Top of Recorded information

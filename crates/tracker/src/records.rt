// The entries, one record for each object with a status.
ghost use Rattle.std.specs.Prelude.{◌≡◌, ◌+◌, ◌*◌, ◌<◌, ◌≤◌, length};
ghost use Rattle.wire.specs.Bytes.{splice};
ghost use Rattle.entries.specs.Entries.{status_number};
ghost use Rattle.tracker.specs.Record.{first_of, known};
ghost use Rattle.tracker.specs.Status.{age_of, entry_bytes, entries_from};
ghost use Rattle.tracker.specs.Counting.{statuses_by};

use crate::counting::status;
use crate::{AT_FIRST, AT_OBJECTS, OBJECTS, TIMES, WORDS};
use entries::{RECORD, Status};

// The largest four-byte number.
const OLDEST: u64 = 4294967295;

// The age of an entry: 0 where the object is not received, or the clock went back.
fn age(status: Status, time: u64, since: u64) -> u64
    ensures { (result ≡ age_of (status_number status) time since) × (result ≤ 4294967295) }
{
    match status {
        Status::NotReceived => 0,
        _ => time.saturating_sub(since).min(OLDEST),
    }
}

// Writes one entry record, which fits, so that no field is refused. The status and the three zero bytes are written as one field of four bytes.
fn put_entry(buf: &mut [u8], at: usize, object: u64, status: Status, age: u64)
    requires { (at + 16 ≤ length buf.old) × (age ≤ 4294967295) }
    ensures { buf.new ≡ splice buf.old at (entry_bytes object (status_number status) age) }
{
    let _ = wire::put_fixed8(buf, at, object);
    let _ = wire::put_fixed4(buf, at + 8, (status.number() * 16777216) as u32);
    let _ = wire::put_fixed4(buf, at + 12, age as u32);
}

// Writes the entries of all objects with a status, by the end of those lost; they fit.
pub(crate) fn put_entries(buf: &mut [u8], tracker: &[u64; WORDS], time: u64, end: u64)
    requires { (first_of tracker.now < 4611686018427387904) × (length (entries_from (statuses_by end tracker.now) (known tracker.now) time 256 0) ≤ length buf.old) }
    ensures { buf.new ≡ splice buf.old 0 (entries_from (statuses_by end tracker.now) (known tracker.now) time 256 0) }
{
    let first = tracker[AT_FIRST];
    let mut at: usize = 0;
    for place in 0..OBJECTS {
        let word = tracker[AT_OBJECTS + place];
        if let Some(status) = status(word, place, end) {
            let age = age(status, time, word % TIMES);
            put_entry(buf, at, first + place as u64, status, age);
            at += RECORD;
        }
    }
}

Bottom of Recorded information

(Work task) "splice" is the string to look for; please copy every line of the records above where it appears.

(Task solution)
ghost use Rattle.wire.specs.Bytes.{splice};
    ensures { buf.new ≡ splice buf.old at (entry_bytes object (status_number status) age) }
    ensures { buf.new ≡ splice buf.old 0 (entries_from (statuses_by end tracker.now) (known tracker.now) time 256 0) }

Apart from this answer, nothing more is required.